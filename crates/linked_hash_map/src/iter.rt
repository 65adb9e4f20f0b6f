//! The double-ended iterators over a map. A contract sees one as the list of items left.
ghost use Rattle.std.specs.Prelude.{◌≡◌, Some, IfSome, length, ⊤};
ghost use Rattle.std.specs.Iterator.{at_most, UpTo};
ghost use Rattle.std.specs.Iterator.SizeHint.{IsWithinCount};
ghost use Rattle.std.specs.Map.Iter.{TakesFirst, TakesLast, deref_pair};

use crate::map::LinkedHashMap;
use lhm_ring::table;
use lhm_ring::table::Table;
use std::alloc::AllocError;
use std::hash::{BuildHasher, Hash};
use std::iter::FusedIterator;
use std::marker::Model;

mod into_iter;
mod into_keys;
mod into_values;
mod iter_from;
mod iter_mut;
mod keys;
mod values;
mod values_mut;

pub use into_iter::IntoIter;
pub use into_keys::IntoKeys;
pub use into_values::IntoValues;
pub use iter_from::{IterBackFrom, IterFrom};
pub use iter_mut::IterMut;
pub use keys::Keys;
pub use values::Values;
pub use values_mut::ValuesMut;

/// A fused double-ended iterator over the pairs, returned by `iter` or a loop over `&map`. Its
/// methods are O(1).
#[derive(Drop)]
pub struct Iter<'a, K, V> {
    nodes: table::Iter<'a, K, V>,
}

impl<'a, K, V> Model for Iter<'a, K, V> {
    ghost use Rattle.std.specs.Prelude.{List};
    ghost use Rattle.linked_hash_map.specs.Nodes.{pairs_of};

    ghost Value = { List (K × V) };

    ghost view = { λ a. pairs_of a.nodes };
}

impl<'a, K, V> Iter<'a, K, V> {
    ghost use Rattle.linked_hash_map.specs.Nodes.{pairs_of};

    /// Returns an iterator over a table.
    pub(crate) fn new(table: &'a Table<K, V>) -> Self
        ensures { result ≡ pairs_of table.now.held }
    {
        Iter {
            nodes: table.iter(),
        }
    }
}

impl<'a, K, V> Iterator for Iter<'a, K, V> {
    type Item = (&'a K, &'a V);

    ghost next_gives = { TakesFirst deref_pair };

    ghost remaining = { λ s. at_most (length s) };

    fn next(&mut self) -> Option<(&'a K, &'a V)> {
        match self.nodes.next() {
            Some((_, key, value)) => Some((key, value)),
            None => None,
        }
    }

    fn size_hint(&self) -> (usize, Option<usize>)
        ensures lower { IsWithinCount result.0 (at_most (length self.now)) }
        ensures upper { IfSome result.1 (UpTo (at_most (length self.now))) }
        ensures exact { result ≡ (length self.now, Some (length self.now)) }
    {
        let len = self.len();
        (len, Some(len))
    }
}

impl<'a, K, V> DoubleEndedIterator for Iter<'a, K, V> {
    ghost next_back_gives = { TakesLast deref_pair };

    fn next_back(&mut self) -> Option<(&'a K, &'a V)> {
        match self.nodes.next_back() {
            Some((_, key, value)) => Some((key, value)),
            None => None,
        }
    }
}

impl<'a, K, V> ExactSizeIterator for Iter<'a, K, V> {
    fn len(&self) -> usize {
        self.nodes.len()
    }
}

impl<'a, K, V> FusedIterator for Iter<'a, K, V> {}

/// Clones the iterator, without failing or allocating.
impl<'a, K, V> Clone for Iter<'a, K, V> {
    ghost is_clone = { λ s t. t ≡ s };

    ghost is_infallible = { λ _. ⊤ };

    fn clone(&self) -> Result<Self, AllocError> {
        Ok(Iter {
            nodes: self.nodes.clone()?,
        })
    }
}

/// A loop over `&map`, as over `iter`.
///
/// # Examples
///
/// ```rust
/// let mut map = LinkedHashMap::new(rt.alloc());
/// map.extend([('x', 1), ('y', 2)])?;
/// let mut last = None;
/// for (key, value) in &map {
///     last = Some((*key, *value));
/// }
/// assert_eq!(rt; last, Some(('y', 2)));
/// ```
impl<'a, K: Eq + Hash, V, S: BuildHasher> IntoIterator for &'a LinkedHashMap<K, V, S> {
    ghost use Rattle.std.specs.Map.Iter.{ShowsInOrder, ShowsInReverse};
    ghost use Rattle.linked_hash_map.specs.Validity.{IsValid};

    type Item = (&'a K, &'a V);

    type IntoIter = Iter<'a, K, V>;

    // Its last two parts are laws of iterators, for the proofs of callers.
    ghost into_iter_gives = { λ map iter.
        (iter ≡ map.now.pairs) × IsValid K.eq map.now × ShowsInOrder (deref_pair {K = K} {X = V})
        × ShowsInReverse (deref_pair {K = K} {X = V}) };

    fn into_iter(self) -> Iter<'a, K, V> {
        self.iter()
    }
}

### YOUR GOAL
Every entry is to be returned exactly, with nothing dropped.

### REPLY TO THE EXERCISE
filename crates/linked_hash_map/src/iter.rt
repository 65adb9e4f20f0b6f
//! The double-ended iterators over a map. A contract sees one as the list of items left.
ghost use Rattle.std.specs.Prelude.{◌≡◌, Some, IfSome, length, ⊤};
ghost use Rattle.std.specs.Iterator.{at_most, UpTo};
ghost use Rattle.std.specs.Iterator.SizeHint.{IsWithinCount};
ghost use Rattle.std.specs.Map.Iter.{TakesFirst, TakesLast, deref_pair};

use crate::map::LinkedHashMap;
use lhm_ring::table;
use lhm_ring::table::Table;
use std::alloc::AllocError;
use std::hash::{BuildHasher, Hash};
use std::iter::FusedIterator;
use std::marker::Model;

mod into_iter;
mod into_keys;
mod into_values;
mod iter_from;
mod iter_mut;
mod keys;
mod values;
mod values_mut;

pub use into_iter::IntoIter;
pub use into_keys::IntoKeys;
pub use into_values::IntoValues;
pub use iter_from::{IterBackFrom, IterFrom};
pub use iter_mut::IterMut;
pub use keys::Keys;
pub use values::Values;
pub use values_mut::ValuesMut;

/// A fused double-ended iterator over the pairs, returned by `iter` or a loop over `&map`. Its
/// methods are O(1).
#[derive(Drop)]
pub struct Iter<'a, K, V> {
    nodes: table::Iter<'a, K, V>,
}

impl<'a, K, V> Model for Iter<'a, K, V> {
    ghost use Rattle.std.specs.Prelude.{List};
    ghost use Rattle.linked_hash_map.specs.Nodes.{pairs_of};

    ghost Value = { List (K × V) };

    ghost view = { λ a. pairs_of a.nodes };
}

impl<'a, K, V> Iter<'a, K, V> {
    ghost use Rattle.linked_hash_map.specs.Nodes.{pairs_of};

    /// Returns an iterator over a table.
    pub(crate) fn new(table: &'a Table<K, V>) -> Self
        ensures { result ≡ pairs_of table.now.held }
    {
        Iter {
            nodes: table.iter(),
        }
    }
}

impl<'a, K, V> Iterator for Iter<'a, K, V> {
    type Item = (&'a K, &'a V);

    ghost next_gives = { TakesFirst deref_pair };

    ghost remaining = { λ s. at_most (length s) };

    fn next(&mut self) -> Option<(&'a K, &'a V)> {
        match self.nodes.next() {
            Some((_, key, value)) => Some((key, value)),
            None => None,
        }
    }

    fn size_hint(&self) -> (usize, Option<usize>)
        ensures lower { IsWithinCount result.0 (at_most (length self.now)) }
        ensures upper { IfSome result.1 (UpTo (at_most (length self.now))) }
        ensures exact { result ≡ (length self.now, Some (length self.now)) }
    {
        let len = self.len();
        (len, Some(len))
    }
}

impl<'a, K, V> DoubleEndedIterator for Iter<'a, K, V> {
    ghost next_back_gives = { TakesLast deref_pair };

    fn next_back(&mut self) -> Option<(&'a K, &'a V)> {
        match self.nodes.next_back() {
            Some((_, key, value)) => Some((key, value)),
            None => None,
        }
    }
}

impl<'a, K, V> ExactSizeIterator for Iter<'a, K, V> {
    fn len(&self) -> usize {
        self.nodes.len()
    }
}

impl<'a, K, V> FusedIterator for Iter<'a, K, V> {}

/// Clones the iterator, without failing or allocating.
impl<'a, K, V> Clone for Iter<'a, K, V> {
    ghost is_clone = { λ s t. t ≡ s };

    ghost is_infallible = { λ _. ⊤ };

    fn clone(&self) -> Result<Self, AllocError> {
        Ok(Iter {
            nodes: self.nodes.clone()?,
        })
    }
}

/// A loop over `&map`, as over `iter`.
///
/// # Examples
///
/// ```rust
/// let mut map = LinkedHashMap::new(rt.alloc());
/// map.extend([('x', 1), ('y', 2)])?;
/// let mut last = None;
/// for (key, value) in &map {
///     last = Some((*key, *value));
/// }
/// assert_eq!(rt; last, Some(('y', 2)));
/// ```
impl<'a, K: Eq + Hash, V, S: BuildHasher> IntoIterator for &'a LinkedHashMap<K, V, S> {
    ghost use Rattle.std.specs.Map.Iter.{ShowsInOrder, ShowsInReverse};
    ghost use Rattle.linked_hash_map.specs.Validity.{IsValid};

    type Item = (&'a K, &'a V);

    type IntoIter = Iter<'a, K, V>;

    // Its last two parts are laws of iterators, for the proofs of callers.
    ghost into_iter_gives = { λ map iter.
        (iter ≡ map.now.pairs) × IsValid K.eq map.now × ShowsInOrder (deref_pair {K = K} {X = V})
        × ShowsInReverse (deref_pair {K = K} {X = V}) };

    fn into_iter(self) -> Iter<'a, K, V> {
        self.iter()
    }
}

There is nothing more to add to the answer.